■ Entries shown:

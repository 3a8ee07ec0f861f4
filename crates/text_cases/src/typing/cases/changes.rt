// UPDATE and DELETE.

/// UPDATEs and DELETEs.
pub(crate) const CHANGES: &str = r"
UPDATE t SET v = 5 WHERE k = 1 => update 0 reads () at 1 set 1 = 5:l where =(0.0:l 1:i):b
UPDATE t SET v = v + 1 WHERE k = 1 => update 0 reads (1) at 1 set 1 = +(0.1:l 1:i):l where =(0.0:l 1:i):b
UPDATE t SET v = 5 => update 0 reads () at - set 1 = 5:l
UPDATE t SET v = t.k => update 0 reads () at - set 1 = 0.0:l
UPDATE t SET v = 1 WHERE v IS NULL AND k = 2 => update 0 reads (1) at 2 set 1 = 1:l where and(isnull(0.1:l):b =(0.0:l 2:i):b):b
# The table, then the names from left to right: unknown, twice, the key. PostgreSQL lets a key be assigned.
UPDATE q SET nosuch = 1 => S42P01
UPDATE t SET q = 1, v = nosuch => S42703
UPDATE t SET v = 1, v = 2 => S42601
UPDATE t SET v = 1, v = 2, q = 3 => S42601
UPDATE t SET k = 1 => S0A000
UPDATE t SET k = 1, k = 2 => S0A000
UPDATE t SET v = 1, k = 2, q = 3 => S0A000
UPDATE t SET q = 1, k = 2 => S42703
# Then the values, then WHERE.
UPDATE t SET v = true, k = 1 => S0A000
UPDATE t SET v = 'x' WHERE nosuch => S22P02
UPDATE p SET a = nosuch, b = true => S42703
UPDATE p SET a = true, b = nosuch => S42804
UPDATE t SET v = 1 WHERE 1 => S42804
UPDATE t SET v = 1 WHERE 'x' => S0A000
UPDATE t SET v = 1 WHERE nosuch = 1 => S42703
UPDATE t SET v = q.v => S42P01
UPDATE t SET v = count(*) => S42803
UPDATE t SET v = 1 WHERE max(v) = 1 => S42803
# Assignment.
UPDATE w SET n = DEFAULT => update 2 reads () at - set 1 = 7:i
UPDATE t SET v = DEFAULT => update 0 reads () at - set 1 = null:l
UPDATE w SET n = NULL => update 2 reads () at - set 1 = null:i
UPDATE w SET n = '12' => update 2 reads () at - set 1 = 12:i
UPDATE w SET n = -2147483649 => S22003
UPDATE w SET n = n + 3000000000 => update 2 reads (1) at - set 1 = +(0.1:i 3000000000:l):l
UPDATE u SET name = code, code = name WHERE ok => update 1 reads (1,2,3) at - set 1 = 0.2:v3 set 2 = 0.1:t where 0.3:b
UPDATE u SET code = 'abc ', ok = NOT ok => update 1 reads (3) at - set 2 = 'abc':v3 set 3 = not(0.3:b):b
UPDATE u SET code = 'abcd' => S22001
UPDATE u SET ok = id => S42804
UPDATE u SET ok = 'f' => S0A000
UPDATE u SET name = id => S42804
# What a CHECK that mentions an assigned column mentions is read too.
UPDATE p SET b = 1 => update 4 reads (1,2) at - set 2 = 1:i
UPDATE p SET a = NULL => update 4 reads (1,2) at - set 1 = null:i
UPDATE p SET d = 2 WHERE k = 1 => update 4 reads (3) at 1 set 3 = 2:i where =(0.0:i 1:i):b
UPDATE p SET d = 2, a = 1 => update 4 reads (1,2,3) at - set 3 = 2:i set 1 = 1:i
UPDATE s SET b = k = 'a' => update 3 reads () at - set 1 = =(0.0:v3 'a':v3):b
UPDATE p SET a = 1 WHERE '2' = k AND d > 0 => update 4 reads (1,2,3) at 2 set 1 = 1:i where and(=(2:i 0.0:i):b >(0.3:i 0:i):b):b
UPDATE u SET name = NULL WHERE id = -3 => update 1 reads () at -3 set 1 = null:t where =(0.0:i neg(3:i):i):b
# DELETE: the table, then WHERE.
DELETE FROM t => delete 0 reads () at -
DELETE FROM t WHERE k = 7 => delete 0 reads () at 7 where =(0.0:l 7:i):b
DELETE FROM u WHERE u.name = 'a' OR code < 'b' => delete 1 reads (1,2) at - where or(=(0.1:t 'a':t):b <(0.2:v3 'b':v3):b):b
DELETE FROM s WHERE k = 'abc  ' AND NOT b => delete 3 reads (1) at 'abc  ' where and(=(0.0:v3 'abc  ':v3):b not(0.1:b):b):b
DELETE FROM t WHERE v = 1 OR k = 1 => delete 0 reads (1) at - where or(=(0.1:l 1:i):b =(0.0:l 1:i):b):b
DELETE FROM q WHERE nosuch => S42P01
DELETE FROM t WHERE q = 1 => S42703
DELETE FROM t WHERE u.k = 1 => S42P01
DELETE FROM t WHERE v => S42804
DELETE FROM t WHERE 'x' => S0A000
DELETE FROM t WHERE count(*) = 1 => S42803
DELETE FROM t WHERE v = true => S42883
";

■ Instructions to follow:
Please copy only these lines, exactly: the first line of the records through the line containing "UPDATE t SET v = t.k", ends included.

■ Your solution:
repository 3a8ee07ec0f861f4
filename crates/text_cases/src/typing/cases/changes.rt
// UPDATE and DELETE.

/// UPDATEs and DELETEs.
pub(crate) const CHANGES: &str = r"
UPDATE t SET v = 5 WHERE k = 1 => update 0 reads () at 1 set 1 = 5:l where =(0.0:l 1:i):b
UPDATE t SET v = v + 1 WHERE k = 1 => update 0 reads (1) at 1 set 1 = +(0.1:l 1:i):l where =(0.0:l 1:i):b
UPDATE t SET v = 5 => update 0 reads () at - set 1 = 5:l
UPDATE t SET v = t.k => update 0 reads () at - set 1 = 0.0:l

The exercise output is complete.